Until then, you did not know who was going to win the game.

The whistle blew, the game was over, and most of us sitting in front of our tubes expected nothing more than the usual sports drivel that usually follows such a game.

But then, Fox Sports interviewer Erin Andrews stuck the mike in front of Sherman for a "comment."

As millions of Americans watched, an animated Sherman, wearing his championship cap, began a repulsive, even imbecilic rant about his performance and Crabtree's game.

"Well I'm the best corner in the game," Sherman yelled in a very violent, even mentally disturbed tone. "When you try me with a sorry receiver like Crabtree, that's the result you're going to get. Don't you ever talk about me... Don't you open your mouth about the best or I'm gonna shut it for you real quick."

Oh yeah, that was on top of Sherman previously flashing a choking sign toward Crabtree -- which he later explained was meant for 49er quarterback Colin Kaepernick -- that drew an unsportsmanlike penalty after the interception.

Of course, like 99 percent of her fellow Americans, Andrews was not expecting such a rant and just stood there, shell-shocked like the rest of us.

The whole minute was very disturbing for most fans who expected the predictable bland responses and an analysis of a key play usually expected in post-game interviews. Maybe for others, probably younger fans who have come to accept such imbecilic trash talk as an intricate part of professional sports these days (thanks NBA), it was just another titillating moment.

What was even more disturbing was the instantaneous explosion of opinion about Sherman's rant. Some Twitter remarks were blatantly racist, showing an equal lack of class and civility in our sports culture.

It's as if Sherman's trash talk was justification for racist gutter-speak by an angry underclass of bigoted fans who felt emboldened by his rant.

Sherman ruined Sunday's game for fans who yearn for the sportsmanship and decency that once marked the conduct of sports.
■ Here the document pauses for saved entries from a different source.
//! Directive lines and the runs of text between them (ISO/IEC 9899:1999, 6.10).
//!
//! `shape` takes the text of a source file and gives its items, those of `items_of` of
//! `specs/Items.antt`: each directive line, sorted by the word behind its `#`, and each run of text
//! lines between two directives. A directive line of no allowed form is an item too, with the first
//! cause of `specs/BadLines.antt`: it is a fault only where it is reached, which the crates above know,
//! as they know macros, conditions and source files. Tokens behind an operand are not looked at. An
//! item names its tokens by their numbers and copies none. Only want of memory is refused. Read
//! `specs/Items.antt` and `specs/BadLines.antt`, then `walk.rt`.
#![tactic(auto)]

mod directive;
mod items;
mod macro_line;
mod names;
mod parameters;
mod signs;
mod walk;

pub use items::{GnuLine, Item, ItemKind};
pub use signs::{
    is_close, is_comma, is_ellipsis, is_hash, is_name, is_open, is_paste, is_sign, is_word,
};
pub use walk::shape;
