// What is known of all units.
ghost use Rattle.std.specs.Prelude.{◌≡◌, IfOk};
ghost use Rattle.std.specs.Option.{option_copied, option_and_then};
ghost use Rattle.cs_base.specs.Token.{origin_at};
ghost use Rattle.calls_of.specs.InUnits.{owner_by, first_by, AreKnown};

use crate::firsts::Firsts;
use crate::owners::Owners;
use analysis::AllUnits;
use cs_base::{Memory, Tok, Unit};
use std::alloc::Global;

/// The macros in whose replacement lists positions stand, and the first tokens of external names.
#[derive(Drop)]
pub(crate) struct Known<'a> {
    owners: Owners<'a>,
    firsts: Firsts<'a>,
}

impl<'a> Known<'a> {
    /// Of an analysis, the units of whose workspace are these.
    pub(crate) fn of(
        alloc: Global,
        units: &'a [Unit],
        all: &'a AllUnits<'_>,
    ) -> Result<Known<'a>, Memory>
        requires { all.now.value.workspace.units ≡ units.now }
        ensures { IfOk result (AreKnown all.now.value) }
    {
        let a = all.analysis();
        let read = all.units();
        let owners = Owners::of(alloc, a)?;
        let firsts = Firsts::of(alloc, units, read)?;
        Ok(Known { owners, firsts })
    }

    /// The name of the macro in whose replacement list a name stands.
    pub(crate) fn owner(&self, tok: &Tok) -> Option<&'a Tok>
        ensures { option_copied result ≡ option_and_then (owner_by self.now) (origin_at tok.now 0) }
    {
        match tok.origins(0) {
            Some(pos) => self.owners.at(pos),
            None => None,
        }
    }

    /// The first token of an external name of this spelling in a project.
    pub(crate) fn first(&self, project: &'a [u8], text: &'a [u8]) -> Option<&'a Tok>
        ensures { option_copied result ≡ first_by self.now project.now text.now }
    {
        self.firsts.first(project, text)
    }
}
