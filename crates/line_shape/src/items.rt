// The items of a source file.
use cs_base::{Cause, Pos};

/// The directives that GNU C has more (of the last two the next edition of the standard has the same).
#[derive(Clone, Copy, Debug, PartialEq, Eq)]
pub enum GnuLine {
    /// `include_next`.
    IncludeNext,
    /// `warning`, `ident` or `sccs`, which say something to whoever reads them.
    Message,
    Elifdef,
    Elifndef,
}

/// What an item is: a run of text lines, or a directive line, by its word.
#[derive(Clone, Copy, Debug, PartialEq, Eq)]
pub enum ItemKind {
    /// The text lines between two directive lines, with one token at least.
    Run,
    Define,
    Undef,
    If,
    Ifdef,
    Ifndef,
    Elif,
    Else,
    Endif,
    Include,
    Line,
    Error,
    Pragma,
    /// A directive that GNU C alone has.
    Gnu(GnuLine),
    /// A `#` alone on its line (6.10.7).
    Empty,
    /// A directive line of no allowed form, whose `#` is at this position. It begins an if-section
    /// where `nests` says so: its word is `ifdef` or `ifndef`.
    Bad { cause: Cause, at: Pos, nests: bool },
}

/// An item: its kind, the position of its first token, the lines of its first and its last token, and
/// its tokens: those from number `from`, from 0, to before number `to`.
#[derive(Clone, Copy, Debug, PartialEq, Eq)]
pub struct Item {
    pub kind: ItemKind,
    pub at: Pos,
    pub first_line: u32,
    pub last_line: u32,
    pub from: u32,
    pub to: u32,
}
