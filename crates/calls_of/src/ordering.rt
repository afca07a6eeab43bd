// The order of nodes and of edges.
ghost use Rattle.std.specs.Prelude.{◌≡◌};
ghost use Rattle.std.specs.Cmp.Lexicographic.{slice_cmp};
ghost use Rattle.std.specs.Ordering.{eq_by_cmp, nat_cmp, ordering_then};
ghost use Rattle.calls_of.specs.Graphs.{kind_number, path_of, pos_cmp, kind_cmp, node_cmp};
ghost use Rattle.calls_of.specs.Numbers.{edge_cmp};
ghost use Rattle.calls_of.specs.Orders.{Orders};

use crate::named::Named;
use crate::nodes::{Edge, NodeKind};
use analysis::Analysis;
use cs_base::Pos;
use std::cmp::Ordering;

const LINES_PATH: &[u8] = b"<lines>";

// The path of a position.
fn path_of(a: &Analysis, number: u32) -> &[u8]
    ensures { result.now ≡ path_of a.now.value.table number }
{
    match a.file(number) {
        Some(file) => file.path(),
        None => LINES_PATH,
    }
}

// Which of two positions comes first.
fn compare_positions(a: &Analysis, p: Pos, q: Pos) -> Ordering
    ensures { result ≡ pos_cmp a.now.value.table p q }
{
    // In one file no path is looked at.
    if p.file == q.file {
        return p.at.cmp(&q.at);
    }
    match path_of(a, p.file).cmp(path_of(a, q.file)) {
        Ordering::Less => Ordering::Less,
        Ordering::Equal => p.at.cmp(&q.at),
        Ordering::Greater => Ordering::Greater,
    }
}

fn kind_number(kind: NodeKind) -> u8
    ensures { result ≡ kind_number kind }
{
    match kind {
        NodeKind::Macro => 0,
        NodeKind::Function => 1,
    }
}

// Which of two nodes of one place and name comes first.
fn compare_kinds(m: &Named<'_>, n: &Named<'_>) -> Ordering
    ensures { result ≡ kind_cmp m.now n.now }
{
    let (k, l) = (kind_number(m.kind()), kind_number(n.kind()));
    let (p, q) = (m.at(), n.at());
    match k.cmp(&l) {
        Ordering::Less => Ordering::Less,
        Ordering::Equal => p.file.cmp(&q.file),
        Ordering::Greater => Ordering::Greater,
    }
}

// Which of two nodes of one place comes first.
fn compare_names(m: &Named<'_>, n: &Named<'_>) -> Ordering
    ensures { result ≡ ordering_then (slice_cmp nat_cmp m.now.name n.now.name) (kind_cmp m.now n.now) }
{
    match m.name().cmp(n.name()) {
        Ordering::Less => Ordering::Less,
        Ordering::Equal => compare_kinds(m, n),
        Ordering::Greater => Ordering::Greater,
    }
}

/// Which of two nodes comes first.
pub(crate) fn compare(a: &Analysis, m: &Named<'_>, n: &Named<'_>) -> Ordering
    ensures { result ≡ node_cmp a.now.value.table m.now n.now }
{
    match compare_positions(a, m.at(), n.at()) {
        Ordering::Less => Ordering::Less,
        Ordering::Equal => compare_names(m, n),
        Ordering::Greater => Ordering::Greater,
    }
}

// Two nodes are one.
fn are_one(a: &Analysis, m: &Named<'_>, n: &Named<'_>) -> bool
    ensures { result ≡ eq_by_cmp (node_cmp a.now.value.table) m.now n.now }
{
    match compare(a, m, n) {
        Ordering::Equal => true,
        _ => false,
    }
}

/// Puts nodes into order, each once.
pub(crate) fn order_nodes<'a>(a: &Analysis, nodes: &mut Vec<Named<'a>>)
    ensures { Orders (node_cmp a.now.value.table) nodes.old.items nodes.new.items }
{
    nodes.sort_unstable_by(|m, n| compare(a, m, n));
    nodes.dedup_by(|m, n| are_one(a, m, n));
}

// Which of two edges comes first.
fn compare_edges(e: Edge, f: Edge) -> Ordering
    ensures { result ≡ edge_cmp e f }
{
    match e.caller.cmp(&f.caller) {
        Ordering::Less => Ordering::Less,
        Ordering::Equal => e.callee.cmp(&f.callee),
        Ordering::Greater => Ordering::Greater,
    }
}

fn is_one_edge(e: Edge, f: Edge) -> bool
    ensures { result ≡ eq_by_cmp edge_cmp e f }
{
    match compare_edges(e, f) {
        Ordering::Equal => true,
        _ => false,
    }
}

/// Puts edges into order, each once.
pub(crate) fn order_edges(edges: &mut Vec<Edge>)
    ensures { Orders edge_cmp edges.old.items edges.new.items }
{
    edges.sort_unstable_by(|e, f| compare_edges(*e, *f));
    edges.dedup_by(|e, f| is_one_edge(*e, *f));
}
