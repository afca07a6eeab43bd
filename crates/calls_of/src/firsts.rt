// The first token of each name of external linkage, in its project (ISO/IEC 9899:1999, 6.2.2 paragraph 2).
ghost use Rattle.std.specs.Prelude.{◌≡◌, ◌∷◌, [], List, ℕ, None, IfOk, OnOk};
ghost use Rattle.std.specs.Option.{option_copied};
ghost use Rattle.analysis.specs.Below.linkage_join.Firsts.{first_at};
ghost use Rattle.analysis.specs.Below.linkage_join.Linkage.{first_spelled, names_of};
ghost use Rattle.analysis.specs.Links.{external_names_from, names_of_units};
ghost use Rattle.calls_of.specs.Externals.{own_name, Adds, AddsUnits};

use analysis::{Bound, UnitAt, is_external_name};
use cs_base::{Memory, Tok, Unit};
use indexmap::IndexMap;
use std::alloc::Global;

/// For a project and a spelling the first token, where there is one. The keys and the tokens are lent.
#[derive(Drop)]
pub(crate) struct Firsts<'a> {
    toks: IndexMap<(&'a [u8], &'a [u8]), &'a Tok>,
}

impl<'a> Firsts<'a> {
    fn new(alloc: Global) -> Firsts<'a>
        ensures { (project text : List ℕ) → first_at result.toks project text ≡ None }
    {
        Firsts {
            toks: IndexMap::new(alloc),
        }
    }

    /// The first token of a spelling in a project.
    pub(crate) fn first(&self, project: &'a [u8], text: &'a [u8]) -> Option<&'a Tok>
        ensures { option_copied result ≡ first_at self.now.toks project.now text.now }
    {
        self.toks.get(&(project, text)).copied()
    }

    // A name becomes first, where its spelling has no token yet.
    fn keep(&mut self, project: &'a [u8], name: &'a Tok) -> Result<(), Memory>
        ensures { OnOk result (Adds project.now (name.now ∷ []) (first_at self.old.toks) (first_at self.new.toks)) }
    {
        if self.first(project, name.text()).is_none() {
            self.toks.insert((project, name.text()), name)?;
        }
        Ok(())
    }

    // So does token `k`, if it is the first that declares an entity of external linkage.
    fn keep_own(
        &mut self,
        project: &'a [u8],
        tok: &'a Tok,
        bound: &Bound,
        k: u32,
    ) -> Result<(), Memory>
        ensures { OnOk result (Adds project.now (own_name bound.now.names k tok.now) (first_at self.old.toks) (first_at self.new.toks)) }
    {
        if is_external_name(bound, k) {
            self.keep(project, tok)
        } else {
            Ok(())
        }
    }

    // So do those of a unit.
    fn keep_unit(&mut self, project: &'a [u8], toks: &'a [Tok], bound: &Bound) -> Result<(), Memory>
        ensures { OnOk result (Adds project.now (external_names_from bound.now.names 0 toks.now) (first_at self.old.toks) (first_at self.new.toks)) }
    {
        if toks.len() > u32::MAX as usize {
            return Err(Memory);
        }
        for k in 0..toks.len() {
            self.keep_own(project, &toks[k], bound, k as u32)?;
        }
        Ok(())
    }

    // So do those of all units.
    fn keep_units(&mut self, units: &'a [Unit], all: &'a [UnitAt<'_>]) -> Result<(), Memory>
        ensures { OnOk result (AddsUnits (names_of_units units.now all.now) (first_at self.old.toks) (first_at self.new.toks)) }
    {
        for i in 0..units.len().min(all.len()) {
            let one = &all[i];
            let text = one.text();
            let bound = one.bound();
            self.keep_unit(units[i].project().bytes(), text.toks(), bound)?;
        }
        Ok(())
    }

    /// The table of these units of an analysis, for those of its workspace.
    pub(crate) fn of(
        alloc: Global,
        units: &'a [Unit],
        all: &'a [UnitAt<'_>],
    ) -> Result<Firsts<'a>, Memory>
        ensures { IfOk result (λ f. (project text : List ℕ) → first_at f.toks project text ≡ first_spelled text (names_of project (names_of_units units.now all.now))) }
    {
        let mut firsts = Firsts::new(alloc);
        firsts.keep_units(units, all)?;
        Ok(firsts)
    }
}
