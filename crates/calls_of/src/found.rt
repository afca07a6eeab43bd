// The calls, the macros and the functions of all units.
ghost use Rattle.std.specs.Prelude.{◌≡◌, ◌++◌, IfOk, OnOk};
ghost use Rattle.std.specs.List.{flat_map};
ghost use Rattle.calls_of.specs.Calls.{calls_in_unit, calls_of, in_units};
ghost use Rattle.calls_of.specs.Graphs.{ends_of, nodes_in_unit, nodes_of};
ghost use Rattle.calls_of.specs.InUnits.{AreKnown};

use crate::call::NamedCall;
use crate::known::Known;
use crate::named::Named;
use crate::one_unit::OneUnit;
use analysis::{AllUnits, Analysis, UnitAt};
use cs_base::{Memory, Unit};
use std::alloc::Global;

/// The calls, and the nodes.
#[derive(Drop)]
pub(crate) struct Found<'a> {
    pub(crate) calls: Vec<NamedCall<'a>>,
    pub(crate) nodes: Vec<Named<'a>>,
}

// Adds the calls and the nodes of a unit.
fn add_unit<'a>(
    alloc: Global,
    a: &Analysis,
    known: &Known<'a>,
    unit: &'a Unit,
    read: &'a UnitAt<'_>,
    calls: &mut Vec<NamedCall<'a>>,
    nodes: &mut Vec<Named<'a>>,
) -> Result<(), Memory>
    requires known { AreKnown a.now.value known.now }
    ensures calls { OnOk result (calls.new.items ≡ calls.old.items ++ calls_in_unit a.now.value unit.now read.now) }
    ensures nodes { OnOk result (nodes.new.items ≡ nodes.old.items ++ nodes_in_unit a.now.value unit.now read.now) }
{
    let text = read.text();
    let bound = read.bound();
    let events = text.events();
    let one = OneUnit::new(alloc, unit.project().bytes(), text.toks(), bound)?;
    one.push_calls(known, events, calls)?;
    one.push_nodes(known, events, nodes)?;
    Ok(())
}

// Adds those of all units.
fn add_units<'a>(
    alloc: Global,
    units: &'a [Unit],
    a: &Analysis,
    all: &'a [UnitAt<'_>],
    known: &Known<'a>,
    calls: &mut Vec<NamedCall<'a>>,
    nodes: &mut Vec<Named<'a>>,
) -> Result<(), Memory>
    requires { AreKnown a.now.value known.now }
    ensures calls { OnOk result (calls.new.items ≡ calls.old.items ++ in_units (calls_in_unit a.now.value) units.now all.now) }
    ensures nodes { OnOk result (nodes.new.items ≡ nodes.old.items ++ in_units (nodes_in_unit a.now.value) units.now all.now) }
{
    for i in 0..units.len().min(all.len()) {
        add_unit(alloc, a, known, &units[i], &all[i], calls, nodes)?;
    }
    Ok(())
}

// Adds the ends of a call.
fn push_both<'a>(nodes: &mut Vec<Named<'a>>, call: &NamedCall<'a>) -> Result<(), Memory>
    ensures { OnOk result (nodes.new.items ≡ nodes.old.items ++ ends_of call.now) }
{
    nodes.push(call.caller().again())?;
    nodes.push(call.callee().again())?;
    Ok(())
}

// Adds the ends of calls.
fn push_ends<'a>(nodes: &mut Vec<Named<'a>>, calls: &[NamedCall<'a>]) -> Result<(), Memory>
    ensures { OnOk result (nodes.new.items ≡ nodes.old.items ++ flat_map ends_of calls.now) }
{
    for call in calls {
        push_both(nodes, call)?;
    }
    Ok(())
}

/// All of an analysis, the units of whose workspace are these.
pub(crate) fn all_found<'a>(
    alloc: Global,
    units: &'a [Unit],
    all: &'a AllUnits<'_>,
    known: &Known<'a>,
) -> Result<Found<'a>, Memory>
    requires units { all.now.value.workspace.units ≡ units.now }
    requires known { AreKnown all.now.value known.now }
    ensures calls { IfOk result (λ f. f.calls.items ≡ calls_of all.now.value) }
    ensures nodes { IfOk result (λ f. f.nodes.items ≡ nodes_of all.now.value) }
{
    let a = all.analysis();
    let read = all.units();
    let mut calls = Vec::new(alloc);
    let mut nodes = Vec::new(alloc);
    add_units(alloc, units, a, read, known, &mut calls, &mut nodes)?;
    push_ends(&mut nodes, &calls)?;
    Ok(Found { calls, nodes })
}
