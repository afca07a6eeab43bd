// The graph of the calls of an analysis.
ghost use Rattle.std.specs.Prelude.{◌≡◌, ◌<◌, ◌^◌, length, IfOk, IsTrue};
ghost use Rattle.calls_of.specs.Graph.{are_in_order};
ghost use Rattle.calls_of.specs.Graphs.{IsGraphOf};
ghost use Rattle.calls_of.specs.Numbers.{AreCalls};

use crate::call::NamedCall;
use crate::call_graph::Graph;
use crate::found::all_found;
use crate::known::Known;
use crate::named::Named;
use crate::nodes::Edge;
use crate::numbering::{edges_of, kept};
use crate::ordering::{order_edges, order_nodes};
use analysis::{AllUnits, Analysis};
use cs_base::{Memory, Unit};
use std::alloc::Global;

/// The graph of the calls of an analysis. Its nodes are the macros that units define, the functions, and the ends of
/// calls, in the order of their places and then of their names, each once.
pub fn graph(alloc: Global, a: &Analysis) -> Result<Graph, Memory>
    ensures { IfOk result (λ g. IsGraphOf a.now.value g) }
{
    graph_of(alloc, a.workspace().units(), a)
}

// That of an analysis, the units of whose workspace are these.
fn graph_of(alloc: Global, units: &[Unit], a: &Analysis) -> Result<Graph, Memory>
    requires { a.now.value.workspace.units ≡ units.now }
    ensures { IfOk result (λ g. IsGraphOf a.now.value g) }
{
    let all = AllUnits::of(alloc, a)?;
    let graph = graph_over(alloc, units, a, &all)?;
    Ok(graph)
}

// The same, where all of its units are at hand.
fn graph_over(
    alloc: Global,
    units: &[Unit],
    a: &Analysis,
    all: &AllUnits<'_>,
) -> Result<Graph, Memory>
    requires units { a.now.value.workspace.units ≡ units.now }
    requires all { all.now ≡ a.now }
    ensures { IfOk result (λ g. IsGraphOf a.now.value g) }
{
    let known = Known::of(alloc, units, all)?;
    let found = all_found(alloc, units, all, &known)?;
    let calls = found.calls;
    let mut nodes = found.nodes;
    order_nodes(a, &mut nodes);
    let edges = ordered_edges(alloc, a, &nodes, &calls)?;
    let own = kept(alloc, &nodes)?;
    Ok(Graph::new(own, edges))
}

// The edges of calls among nodes, in order.
fn ordered_edges(
    alloc: Global,
    a: &Analysis,
    nodes: &[Named<'_>],
    calls: &[NamedCall<'_>],
) -> Result<Vec<Edge>, Memory>
    ensures few { IfOk result (λ _. length nodes.now < 2 ^ 32) }
    ensures calls { IfOk result (λ edges. AreCalls nodes.now calls.now edges.items) }
    ensures ordered { IfOk result (λ edges. IsTrue (are_in_order edges.items)) }
{
    if nodes.len() > u32::MAX as usize {
        return Err(Memory);
    }
    let mut edges = edges_of(alloc, a, nodes, calls)?;
    order_edges(&mut edges);
    Ok(edges)
}
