// Units written out, with the links that were worked out by hand.
use cs_base::{Kind, Link, Memory, Pos, Text, Tok, Toks};
use linkage_join::{UnitNames, external_links};
use std::alloc::Global;
use std::test::Fail;

// A name of two characters, and the number that tells its token.
type Name = ([u8; 2], u32);

// Units, each a project and its names, and the links that they must give, each the later token and
// the first one.
struct Row {
    units: &'static [(&'static [u8], &'static [Name])],
    links: &'static [(u32, u32)],
}

const ROWS: [Row; 12] = [
    // No unit, and units without a name.
    Row {
        units: &[],
        links: &[],
    },
    Row {
        units: &[(b"p", &[]), (b"p", &[])],
        links: &[],
    },
    // One unit alone.
    Row {
        units: &[(b"p", &[(*b"xx", 0), (*b"yy", 1)])],
        links: &[],
    },
    // Two units of one project, and of two.
    Row {
        units: &[(b"p", &[(*b"xx", 0)]), (b"p", &[(*b"xx", 1)])],
        links: &[(1, 0)],
    },
    Row {
        units: &[(b"p", &[(*b"xx", 0)]), (b"q", &[(*b"xx", 1)])],
        links: &[],
    },
    // Three units: the third is linked with the first, and not with the second.
    Row {
        units: &[
            (b"p", &[(*b"xx", 0)]),
            (b"p", &[(*b"xx", 1)]),
            (b"p", &[(*b"xx", 2)]),
        ],
        links: &[(1, 0), (2, 0)],
    },
    // A name of the first and the third unit.
    Row {
        units: &[
            (b"p", &[(*b"xx", 0)]),
            (b"p", &[(*b"yy", 1)]),
            (b"p", &[(*b"xx", 2)]),
        ],
        links: &[(2, 0)],
    },
    // A name that the first unit lacks.
    Row {
        units: &[
            (b"p", &[(*b"xx", 0)]),
            (b"p", &[(*b"yy", 1)]),
            (b"p", &[(*b"yy", 2), (*b"xx", 3)]),
        ],
        links: &[(2, 1), (3, 0)],
    },
    // Projects in turn, in order of the units and of their names.
    Row {
        units: &[
            (b"p", &[(*b"xx", 0), (*b"yy", 1)]),
            (b"q", &[(*b"yy", 2), (*b"xx", 3)]),
            (b"p", &[(*b"yy", 4), (*b"xx", 5)]),
            (b"q", &[(*b"xx", 6), (*b"zz", 7)]),
        ],
        links: &[(4, 1), (5, 0), (6, 3)],
    },
    // One file as two units: its tokens come twice.
    Row {
        units: &[
            (b"p", &[(*b"xx", 0), (*b"yy", 1)]),
            (b"p", &[(*b"xx", 0), (*b"yy", 1)]),
        ],
        links: &[(0, 0), (1, 1)],
    },
    // Spellings and projects that differ in one character.
    Row {
        units: &[
            (b"p", &[(*b"xy", 0)]),
            (b"p", &[(*b"yx", 1), (*b"xx", 2)]),
            (b"pp", &[(*b"xy", 3)]),
        ],
        links: &[],
    },
    // A name that is handed in twice is no later unit's.
    Row {
        units: &[
            (b"p", &[(*b"xx", 0), (*b"xx", 1)]),
            (b"p", &[(*b"xx", 2), (*b"xx", 3)]),
        ],
        links: &[(2, 0), (3, 0)],
    },
];

fn name(alloc: Global, text: [u8; 2], number: u32) -> Result<Tok, Memory> {
    let at = Pos {
        file: 1,
        at: number,
    };
    let origins = [Some(at), Some(at)];
    Tok::new(alloc, Kind::Ident, &text, &origins, true, at, 1, true)
}

fn unit(alloc: Global, project: &[u8], names: &[Name]) -> Result<UnitNames, Memory> {
    let mut toks = Vec::new(alloc);
    for (text, number) in names {
        toks.push(name(alloc, *text, *number)?)?;
    }
    Ok(UnitNames::new(Text::new(alloc, project)?, Toks::new(toks)))
}

fn are_links(links: &[Link], want: &[(u32, u32)]) -> bool {
    links.len() == want.len()
        && links.iter().zip(want).all(|(link, pair)| link.x.at().at == pair.0
            && link.y.at().at == pair.1)
}

#[test]
fn later_units_are_linked_with_the_first_of_their_project(rt: HostRuntime) -> Result<(), Fail> {
    let alloc = rt.alloc();
    for (k, row) in ROWS.iter().enumerate() {
        let mut units = Vec::new(alloc);
        for (project, names) in row.units {
            units.push(unit(alloc, project, names)?)?;
        }
        let links = external_links(alloc, &units)?;
        assert!(rt; are_links(&links, row.links), "row {k}");
    }
    Ok(())
}
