//! COPY statements of ISO 1989:1985, replaced by their books' words, which keep their origins.
#![tactic(auto)]

mod books;
mod expansion;
mod pairs;
mod replacing;
mod sign;
mod statement;
#[cfg(test)]
mod tests;

pub use books::{Book, Books, CopyFault, Expanded};
pub use expansion::expand;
And it's not the first time that Sherman has dissed his opponents, both on and off the field. He has carried game trash talk off the field to Twitter against players and sportscasters. He has been called a "master troll" in one article.

Civil sportsmanship has been long abandoned in the NFL. Being an all-star used to mean having the moral character to match your athletic abilities, not being an expert troll.

Remember the magic of the first Super Bowl where a classy Broadway Joe Namath and the New York Jets upset the Baltimore Colts, led by another equally classy Johnny Unitas? That was professional football at its best.

It's regrettable that the upcoming Super Bowl will feature so many trolls like Sherman. Even if there's a blizzard in the Meadowlands, it's not going to really be a "Super Bowl" like it used to be.

Sherman and his ilk have brought down football. He showed last Sunday there's no "professional" football being played in the NFL anymore.

This article published in Context Florida on January 21, 2014.